Phishing attacks in the wake of a service, system or network outage are always a danger. For example, during the massive PlayStation Network outage in 2011, phishers took advantage of user confusion and frustration. Intruders sent phishing emails pretending to be from Sony, offering solutions or compensation to resolve outage problems. These emails contained links to rogue websites designed to steal login credentials and other personal information.

Year after year, threat actors continue to take advantage of outages to deploy malware via phishing attacks. The IBM X-Force Threat Intelligence Index 2024 revealed that, overall, phishing was the top initial access vector of 30% of cases in 2023. Also, 92% of organizations fell victim to a successful phishing attack in their Microsoft 365 environment in 2023.

This scenario continues to play out after the most recent outage that occurred with Microsoft Windows, which impacted 8.5 million systems. So, if you get an email advising you to update your systems due to an outage, be wary. And the plot thickens from there considerably.

Multi-headed phishing problem

In the aftermath of the latest Microsoft-related attack, reports have surfaced about a malware campaign targeting BBVA bank customers, where a fake update installs the Remcos RAT. This bogus update was promoted through a phishing site, portalintranetgrupobbva[.]com, masquerading as a BBVA Intranet portal.

The malicious archive included instructions for employees and partners to install the update to prevent errors when connecting to the company’s internal network.
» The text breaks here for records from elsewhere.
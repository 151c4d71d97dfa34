//! Conversions from a growing buffer.
ghost use Rattle.std.specs.Prelude.{◌≡◌, ◌<◌, ◌≤◌, ◌⊎◌, ◌*◌, max, [], length};
ghost use Rattle.std.specs.Prelude.{IfOk, OnOk, OnErr, IsOkAnd, IsOkUnless};
ghost use Rattle.vb_core.specs.ByteForm.{byteform};
ghost use Rattle.vb_mem.specs.Makes.{Makes, MakesBytes};
ghost use Rattle.vb_mem.specs.OpenBuffer.{HoldsMade};
ghost use Rattle.vb_mem.specs.SharedBuffer.{Shows};

use super::{BufferMut, DEFAULT};
use crate::Result;
use crate::buffer::Buffer;
use std::alloc::{AllocError, Allocator};
use vb_core::{Alignment, BufferError, Element, bytes_of};

/// Makes a copy, as [`BufferMut::clone`] does, for code that uses std's trait.
impl<T: Element, A: Allocator + Clone> Clone for BufferMut<T, A> {
    ghost is_clone = { λ b copy. HoldsMade b.list b.alignment copy };

    fn clone(&self) -> Result<Self, AllocError> {
        BufferMut::clone(self).or(Err(AllocError))
    }
}

impl<T: Element, A: Allocator + Clone> BufferMut<T, A> {
    /// Returns the buffer, and leaves an empty one that reports the same alignment, over-aligned to
    /// 256 bytes. Returns `OutOfMemory` if cloning the allocator runs out of memory; the buffer is
    /// unchanged on error.
    pub fn take(&mut self) -> Result<Self>
        ensures taken { Makes (λ b. b ≡ self.old) result }
        ensures left { OnOk result (HoldsMade [] self.old.alignment self.new) }
        ensures err { OnErr result (self.new ≡ self.old) }
    {
        let alloc = self.allocator().clone()?;
        let empty = BufferMut::empty_aligned(alloc, self.alignment);
        Ok(std::mem::replace(self, empty))
    }

    /// Returns a copy that reports the same alignment, over-aligned to 256 bytes. Returns
    /// `OutOfMemory` if memory runs out.
    pub fn clone(&self) -> Result<Self>
        ensures { Makes (HoldsMade self.now.list self.now.alignment) result }
    {
        BufferMut::copy_in(self.allocator(), self.as_slice(), self.alignment)
    }

    /// Returns the same items with `alignment` as the reported alignment, which must be at least
    /// the alignment of an item. A buffer that is empty, or whose declared alignment is at least
    /// `alignment`, keeps its storage, and the call does not allocate and does not fail. Otherwise
    /// it copies the items, over-aligned to 256 bytes. Returns `OutOfMemory` if memory for the copy
    /// runs out, and drops the buffer then.
    pub fn aligned(self, alignment: Alignment) -> Result<Self>
        requires { T.align_exponent ≤ alignment }
        ensures ok { IfOk result (λ b. (b.list ≡ self.list) × (b.alignment ≡ alignment)) }
        ensures in_place { (self.list ≡ []) ⊎ (alignment ≤ self.declared) →
            IsOkAnd result (λ b. b ≡ record self {
              alignment = alignment;
              declared = max self.declared alignment;
            }) }
        ensures copied { 0 < length self.list → self.declared < alignment →
            IfOk result (HoldsMade self.list alignment) }
        ensures refused { IsOkUnless result BufferError.OutOfMemory }
    {
        if !self.items.is_empty() && self.declared < alignment {
            let copy = BufferMut::copy_in(self.allocator(), self.as_slice(), alignment);
            drop(self);
            return copy;
        }
        let mut buffer = self;
        buffer.alignment = alignment;
        buffer.declared = buffer.declared.max(alignment);
        Ok(buffer)
    }

    /// Converts the buffer to one that can be shared, in constant time. The new buffer takes over
    /// the storage; the call allocates only for the count of owners. Returns `OutOfMemory` if
    /// memory runs out, and drops the buffer then.
    pub fn freeze(self) -> Result<Buffer<T, A>>
        ensures { Makes (Shows self.list self.alignment 0 self.declared) result }
    {
        Buffer::from_mut(self)
    }

    /// Returns a copy of the items' bytes as a buffer that reports the same alignment, over-aligned
    /// to 256 bytes. Returns the errors of [`Buffer::as_bytes`]. Drops this buffer, also on error.
    pub fn into_byte_buffer(self) -> Result<BufferMut<u8, A>>
        ensures { MakesBytes (length self.list * T.SIZE)
            (HoldsMade (byteform T.form self.list) self.alignment) result }
    {
        let alignment = self.alignment;
        let bytes = bytes_of(self.allocator(), self.as_slice());
        drop(self);
        Ok(BufferMut::of_vec(bytes?, alignment, DEFAULT))
    }
}
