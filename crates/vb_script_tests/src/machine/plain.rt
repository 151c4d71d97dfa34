//! The commands on plain lists of truth values, one list a slot, which share nothing.
use crate::machine::commands::{Named, answer, change};
use crate::machine::form::{Kind, Memory, Then};
use crate::machine::line::Call;
use crate::machine::stop::{BAD_SLOT, OUT_OF_MEMORY, Stop};
use crate::machine::text::Text;
use std::alloc::{AllocError, Global};
use std::mem;

/// What a slot holds.
#[derive(Clone, Copy)]
enum Holds {
    Nothing,
    Open,
    Frozen,
}

/// A slot. Its bits have a meaning only if it holds a list.
#[derive(Drop)]
struct Slot {
    holds: Holds,
    bits: Vec<bool>,
}

/// Whether a word of this kind may name a slot that holds this; `holds` is None if there is no such
/// slot.
fn may_name(kind: Kind, holds: Option<Holds>) -> bool {
    match kind {
        Kind::Open => matches!(holds, Some(Holds::Open)),
        Kind::Frozen | Kind::Validity => matches!(holds, Some(Holds::Frozen)),
        Kind::Held => matches!(holds, Some(Holds::Open | Holds::Frozen)),
        Kind::Vacant => matches!(holds, Some(Holds::Nothing)),
        _ => true,
    }
}

/// Sixteen slots for plain lists of truth values.
#[derive(Drop)]
pub struct Plain {
    slots: Vec<Slot>,
    /// The list of the line at hand.
    list: Vec<bool>,
    /// Its answer.
    text: Text,
    /// Whether a request for memory was refused that no answer has reported yet.
    pub may_refuse: bool,
}

impl Plain {
    /// All slots are empty.
    pub fn new(alloc: Global, may_refuse: bool) -> Result<Plain, AllocError> {
        let mut slots = Vec::with_capacity(alloc, 16)?;
        for _ in 0..16 {
            let (holds, bits) = (Holds::Nothing, Vec::new(alloc));
            drop(slots.push(Slot { holds, bits }));
        }
        Ok(Plain {
            slots,
            list: Vec::new(alloc),
            text: Text::new(alloc),
            may_refuse,
        })
    }

    /// Carries out a command and returns its answer; None if the plain machine has no memory for
    /// it. Refuses the command's memory if the pool's answer `told` says so, the command can
    /// request memory, and `may_refuse` is set.
    pub fn serve(&mut self, call: Call<'_>, told: &str) -> Option<&str> {
        let is_told = told == "refused OutOfMemory";
        let asks = matches!(call.form.3, Memory::Asks);
        self.text.clear();
        match self.carry_out(call, is_told && asks && self.may_refuse) {
            Ok(()) => {}
            Err(Stop::TooLong) if is_told => self.text.add(told),
            Err(stop) => add_refused(&mut self.text, stop),
        }
        self.text.whole()
    }

    fn carry_out(&mut self, call: Call<'_>, is_refused: bool) -> Result<(), Stop> {
        self.check_slots(call)?;
        let is_mode = matches!(call.form.1, [Kind::Mode, ..]);
        let first = bits_of(&self.slots, call, if is_mode { 2 } else { 1 });
        self.list.clear();
        self.list.extend_from_slice(first)?;
        self.make(call, is_refused)?;
        if matches!(call.form.2, Then::Answers) {
            let other = bits_of(&self.slots, call, 2);
            return answer(&mut self.text, call, &self.list, other);
        }
        self.put(call);
        self.text.add("ok");
        Ok(())
    }

    /// Applies the command to the list, unless memory is refused.
    fn make(&mut self, call: Call<'_>, is_refused: bool) -> Result<(), Stop> {
        let named = Named {
            first: bits_of(&self.slots, call, 1),
            second: bits_of(&self.slots, call, 2),
            third: bits_of(&self.slots, call, 3),
        };
        let changed = change(call, named, &mut self.list);
        // A `take` tests its indexes after it has allocated. All other tests come before.
        if let Err(Stop::Refused(_) | Stop::TooLong) = changed {
            return changed;
        }
        if is_refused {
            self.may_refuse = false;
            self.give_away(call);
            return Err(OUT_OF_MEMORY);
        }
        changed
    }

    /// Checks that each slot that a line names holds what the kind of the word requires.
    fn check_slots(&self, call: Call<'_>) -> Result<(), Stop> {
        for (kind, place) in call.form.1.iter().zip(1..) {
            let is_left_out = matches!(kind, Kind::Validity) && call.word(place) == "-";
            if !is_left_out && !may_name(*kind, self.holds(call, place)) {
                return Err(BAD_SLOT);
            }
        }
        Ok(())
    }

    /// What the slot that a word names holds. If another word gives away the list of that slot, it
    /// counts as empty.
    fn holds(&self, call: Call<'_>, place: usize) -> Option<Holds> {
        let named = call.number(place);
        let given = call.given().unwrap_or(place);
        if given != place && call.number(given) == named {
            return Some(Holds::Nothing);
        }
        Some(self.slots.get(named)?.holds)
    }

    /// Puts the list of a line where it belongs.
    fn put(&mut self, call: Call<'_>) {
        let first = self.holds(call, 1);
        self.give_away(call);
        let holds = match (call.form.2, first) {
            (Then::Empties, _) => Holds::Nothing,
            (Then::Opens, _) | (Then::Keeps, Some(Holds::Open)) => Holds::Open,
            _ => Holds::Frozen,
        };
        if let Some(slot) = self.slots.get_mut(call.target()) {
            slot.holds = holds;
            mem::swap(&mut slot.bits, &mut self.list);
        }
    }

    /// Empties the slot that gives its list away.
    fn give_away(&mut self, call: Call<'_>) {
        if let Some(place) = call.given()
            && let Some(slot) = self.slots.get_mut(call.number(place))
        {
            slot.holds = Holds::Nothing;
        }
    }
}

/// Adds why a line isn't carried out.
fn add_refused(text: &mut Text, stop: Stop) {
    text.add("refused ");
    match stop {
        Stop::Refused(why) => text.add(why),
        Stop::TooLong => text.add("TooManyBits"),
        Stop::Position(position) => {
            text.add("TakeOutOfRange ");
            text.add_number(position);
        }
        Stop::Memory => text.add("for want of memory here"),
    }
}

/// The list of the slot that a word names, or no bits.
fn bits_of<'a>(slots: &'a [Slot], call: Call<'_>, place: usize) -> &'a [bool] {
    match slots.get(call.number(place)) {
        Some(slot) if !matches!(slot.holds, Holds::Nothing) => &slot.bits,
        _ => &[],
    }
}
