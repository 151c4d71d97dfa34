//! Constructors from nothing, from equal items, from copies and from iterators.
ghost use Rattle.std.specs.Prelude.{◌≡◌, ◌≢◌, ◌≤◌, ⊤, List, [], length, replicate, IfOk, IsOk, Err};
ghost use Rattle.std.specs.Iterator.{Drains, IsFiniteIterable};
ghost use Rattle.vb_mem.specs.Makes.{Makes};
ghost use Rattle.vb_mem.specs.Collected.{OfItems, OfRun, GivesValues, GivesError, IfItem};
ghost use Rattle.vb_mem.specs.OpenBuffer.{Holds, HoldsMade, preferred_over};

use super::{BufferMut, DEFAULT};
use crate::Result;
use std::alloc::Allocator;
use vb_core::{Alignment, Element, ExtendError, TrustedLen};

impl<T: Element, A: Allocator> BufferMut<T, A> {
    /// Returns an empty buffer with capacity for at least `capacity` items, over-aligned to 256
    /// bytes. Returns `OutOfMemory` if memory runs out.
    pub fn with_capacity(alloc: A, capacity: usize) -> Result<Self>
        ensures { Makes (λ b. HoldsMade [] T.align_exponent b × (capacity ≤ b.room)) result }
    {
        BufferMut::with_capacity_aligned(alloc, capacity, Alignment::of::<T>())
    }

    /// Returns an empty buffer with capacity for at least `capacity` items. It reports `alignment`,
    /// which must be at least the alignment of an item, and is over-aligned to 256 bytes. Returns
    /// `OutOfMemory` if memory runs out.
    pub fn with_capacity_aligned(alloc: A, capacity: usize, alignment: Alignment) -> Result<Self>
        requires { T.align_exponent ≤ alignment }
        ensures { Makes (λ b. HoldsMade [] alignment b × (capacity ≤ b.room)) result }
    {
        BufferMut::with_capacity_preferred_aligned(alloc, capacity, alignment, DEFAULT)
    }

    /// Returns an empty buffer with capacity for at least `capacity` items. It reports `alignment`,
    /// which must be at least the alignment of an item. The storage is declared with `preferred`,
    /// or with `alignment` if that is greater or `preferred` is `None`. Returns `OutOfMemory` if
    /// memory runs out.
    pub fn with_capacity_preferred_aligned(
        alloc: A,
        capacity: usize,
        alignment: Alignment,
        preferred: Option<Alignment>,
    ) -> Result<Self>
        requires { T.align_exponent ≤ alignment }
        ensures { Makes (λ b. Holds [] alignment (preferred_over alignment preferred) b
            × (capacity ≤ b.room)) result }
    {
        let mut buffer = BufferMut::empty_preferred_aligned(alloc, alignment, preferred);
        buffer.reserve(capacity)?;
        Ok(buffer)
    }

    /// Returns `len` zeros, over-aligned to 256 bytes. Returns `OutOfMemory` if memory runs out.
    pub fn zeroed(alloc: A, len: usize) -> Result<Self>
        ensures { Makes (HoldsMade (replicate len T.zero) T.align_exponent) result }
    {
        BufferMut::zeroed_aligned(alloc, len, Alignment::of::<T>())
    }

    /// Returns `len` zeros. The buffer reports `alignment`, which must be at least the alignment of
    /// an item, and is over-aligned to 256 bytes. Returns `OutOfMemory` if memory runs out.
    pub fn zeroed_aligned(alloc: A, len: usize, alignment: Alignment) -> Result<Self>
        requires { T.align_exponent ≤ alignment }
        ensures { Makes (HoldsMade (replicate len T.zero) alignment) result }
    {
        BufferMut::zeroed_preferred_aligned(alloc, len, alignment, DEFAULT)
    }

    /// Returns `len` zeros. The buffer reports `alignment`, which must be at least the alignment of
    /// an item. The storage is declared with `preferred`, or with `alignment` if that is greater or
    /// `preferred` is `None`. Returns `OutOfMemory` if memory runs out.
    pub fn zeroed_preferred_aligned(
        alloc: A,
        len: usize,
        alignment: Alignment,
        preferred: Option<Alignment>,
    ) -> Result<Self>
        requires { T.align_exponent ≤ alignment }
        ensures { Makes (Holds (replicate len T.zero) alignment
            (preferred_over alignment preferred)) result }
    {
        let mut buffer = BufferMut::empty_preferred_aligned(alloc, alignment, preferred);
        buffer.push_n(T::zero(), len)?;
        Ok(buffer)
    }

    /// Returns an empty buffer, over-aligned to 256 bytes. Does not allocate.
    pub fn empty(alloc: A) -> Self
        ensures { HoldsMade [] T.align_exponent result }
    {
        BufferMut::empty_aligned(alloc, Alignment::of::<T>())
    }

    /// Returns an empty buffer that reports `alignment`, which must be at least the alignment of an
    /// item, and is over-aligned to 256 bytes. Does not allocate.
    pub fn empty_aligned(alloc: A, alignment: Alignment) -> Self
        requires { T.align_exponent ≤ alignment }
        ensures { HoldsMade [] alignment result }
    {
        BufferMut::empty_preferred_aligned(alloc, alignment, DEFAULT)
    }

    /// Returns an empty buffer that reports `alignment`, which must be at least the alignment of an
    /// item. The storage is declared with `preferred`, or with `alignment` if that is greater or
    /// `preferred` is `None`. Does not allocate.
    pub fn empty_preferred_aligned(
        alloc: A,
        alignment: Alignment,
        preferred: Option<Alignment>,
    ) -> Self
        requires { T.align_exponent ≤ alignment }
        ensures { Holds [] alignment (preferred_over alignment preferred) result }
    {
        BufferMut::of_vec(Vec::new(alloc), alignment, preferred)
    }

    // Returns the items of a vector. The storage is declared with `preferred`, or with `alignment`
    // if that is greater or `preferred` is `None`.
    pub(crate) fn of_vec(
        items: Vec<T, A>,
        alignment: Alignment,
        preferred: Option<Alignment>,
    ) -> Self
        requires { T.align_exponent ≤ alignment }
        ensures { Holds items.items alignment (preferred_over alignment preferred) result }
    {
        BufferMut {
            items,
            alignment,
            declared: alignment.max(preferred.unwrap_or(Alignment::none())),
        }
    }

    /// Returns `len` copies of `item`, over-aligned to 256 bytes. Returns `OutOfMemory` if memory
    /// runs out.
    pub fn full(alloc: A, item: T, len: usize) -> Result<Self>
        ensures { Makes (HoldsMade (replicate len item) T.align_exponent) result }
    {
        let mut buffer = BufferMut::empty(alloc);
        buffer.push_n(item, len)?;
        Ok(buffer)
    }

    /// Returns a copy of `items`, copied as one block and over-aligned to 256 bytes. Returns
    /// `OutOfMemory` if memory runs out.
    pub fn copy_from(alloc: A, items: &[T]) -> Result<Self>
        ensures { Makes (HoldsMade items.now T.align_exponent) result }
    {
        BufferMut::copy_from_aligned(alloc, items, Alignment::of::<T>())
    }

    /// Returns a copy of `items` that reports `alignment`, which must be at least the alignment of
    /// an item, and is over-aligned to 256 bytes. Returns `OutOfMemory` if memory runs out.
    pub fn copy_from_aligned(alloc: A, items: &[T], alignment: Alignment) -> Result<Self>
        requires { T.align_exponent ≤ alignment }
        ensures { Makes (HoldsMade items.now alignment) result }
    {
        BufferMut::copy_from_preferred_aligned(alloc, items, alignment, DEFAULT)
    }

    /// Returns a copy of `items` that reports `alignment`, which must be at least the alignment of
    /// an item. The storage is declared with `preferred`, or with `alignment` if that is greater or
    /// `preferred` is `None`. Returns `OutOfMemory` if memory runs out.
    pub fn copy_from_preferred_aligned(
        alloc: A,
        items: &[T],
        alignment: Alignment,
        preferred: Option<Alignment>,
    ) -> Result<Self>
        requires { T.align_exponent ≤ alignment }
        ensures { Makes (Holds items.now alignment (preferred_over alignment preferred)) result }
    {
        let mut buffer = BufferMut::empty_preferred_aligned(alloc, alignment, preferred);
        buffer.extend_from_slice(items)?;
        Ok(buffer)
    }

    // Returns a copy of `items` that uses a clone of `alloc`. The clone happens here so that a
    // caller needs no `?` before it drops its own value.
    pub(crate) fn copy_in(alloc: &A, items: &[T], alignment: Alignment) -> Result<Self>
    where
        A: Clone,
        requires { T.align_exponent ≤ alignment }
        ensures { Makes (HoldsMade items.now alignment) result }
    {
        BufferMut::copy_from_aligned(alloc.clone()?, items, alignment)
    }

    /// Returns the items of an iterator, over-aligned to 256 bytes. The caller must prove that the
    /// iterator ends. Returns `OutOfMemory` if memory runs out.
    pub fn from_iter<I: IntoIterator<Item = T>>(alloc: A, iter: I) -> Result<Self>
        requires { IsFiniteIterable I.into_iter_gives I.IntoIter.can_next
            I.IntoIter.remaining iter }
        ensures made { Makes (λ b. OfItems I.into_iter_gives I.IntoIter.next_gives iter
            (λ items. HoldsMade items T.align_exponent b)) result }
        ensures len { IfOk result (λ b. OfRun I.into_iter_gives I.IntoIter.next_gives iter
            (λ n. length b.list ≡ n)) }
    {
        let mut buffer = BufferMut::empty(alloc);
        buffer.extend(iter)?;
        Ok(buffer)
    }

    /// Returns the items of an iterator whose length is known, over-aligned to 256 bytes. The
    /// caller must prove that its `next` may be called. Returns `OutOfMemory`, before it polls the
    /// first item, if memory runs out, but never if the iterator has no items.
    pub fn from_trusted_len_iter<I: TrustedLen<Item = T>>(alloc: A, iter: I) -> Result<Self>
        requires { I.can_next iter }
        ensures made { Makes (λ b. (items : List T) × Drains I.next_gives iter items
            × HoldsMade items T.align_exponent b) result }
        ensures len { IfOk result (λ b. length b.list ≡ I.left iter) }
        ensures none { I.left iter ≡ 0 → IsOk result }
    {
        let mut buffer = BufferMut::empty(alloc);
        buffer.extend_trusted(iter)?;
        Ok(buffer)
    }

    /// Returns the values of an iterator whose length is known, over-aligned to 256 bytes. The
    /// caller must prove that its `next` may be called. Returns `Memory`, before it polls the first
    /// item, if memory runs out, and `Item` with the first error. Does not allocate if the iterator
    /// has no items.
    pub fn try_from_trusted_len_iter<E, I: TrustedLen<Item = Result<T, E>>>(
        alloc: A,
        iter: I,
    ) -> Result<Self, ExtendError<E>>
        requires { I.can_next iter }
        ensures ok { IfOk result (λ b. GivesValues I.next_gives iter
            (λ items. HoldsMade items T.align_exponent b)) }
        ensures len { IfOk result (λ b. length b.list ≡ I.left iter) }
        ensures none { I.left iter ≡ 0 → result ≢ Err ExtendError.Memory }
        ensures item { IfItem result (λ e. GivesError I.next_gives iter e (λ _. ⊤)) }
    {
        let mut buffer = BufferMut::empty(alloc);
        buffer.try_extend_trusted(iter)?;
        Ok(buffer)
    }
}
The “instrucciones.txt” file, written in Spanish, read, “Mandatory update to avoid connection and synchronization errors to the company’s internal network.”

In a separate warning, AnyRun highlighted another campaign in which attackers distributed a data wiper disguised as an update. “It decimates the system by overwriting files with zero bytes and then reports it over #Telegram,” AnyRun stated. The wiper attack was attributed to the pro-Iranian hacktivist group Handala, who allegedly claimed responsibility for the malicious activity on Twitter.

More system headaches

As if that wasn’t bad enough, new Windows threats were also reported during July that require immediate protection. And many millions of PCs remain at risk.

On July 9, Check Point issued a warning that attackers are using special Windows Internet Shortcut files. When these files are clicked, they trigger the retired Internet Explorer (IE) to visit attacker-controlled URLs. By using IE instead of more secure browsers like Chrome or Edge on Windows, attackers gained significant advantages in exploiting victims’ computers, even if they were running modern operating systems like Windows 10/11.

Just days later, Trend Micro provided more threat intelligence, revealing that the vulnerability was being used as a zero-day to access and execute files through the disabled Internet Explorer using MSHTML. This allowed attackers to infect victim machines with the Atlantida info-stealer, which targets system information and sensitive data such as passwords and cookies from various applications.

Following Check Point’s disclosure, the U.S. government added the vulnerability to its Known Exploit Vulnerability catalog. They warned users about a spoofing vulnerability in Windows that poses a high risk to confidentiality, integrity and availability.

Although the vulnerability has been patched, users need to ensure their Windows PCs are updated. CISA has mandated that U.S. federal employees apply the update by July 30 or stop using their PCs. All other organizations — and even home users — are strongly advised to follow update recommendations as well. According to Check Point, Trend Micro and CISA, this vulnerability has been exploited in the wild, with attacks ongoing for more than 12 months.

Breaking the vicious cyber cycle

With the myriad of phishing attacks occurring but with actual system updates required, many might be confused about what to do. Or maybe an email paranoia might set in, where everything seems suspicious, even legitimate update advice. The best practice is to check directly with official channels and representatives about updates. And think two (or three) times before you click.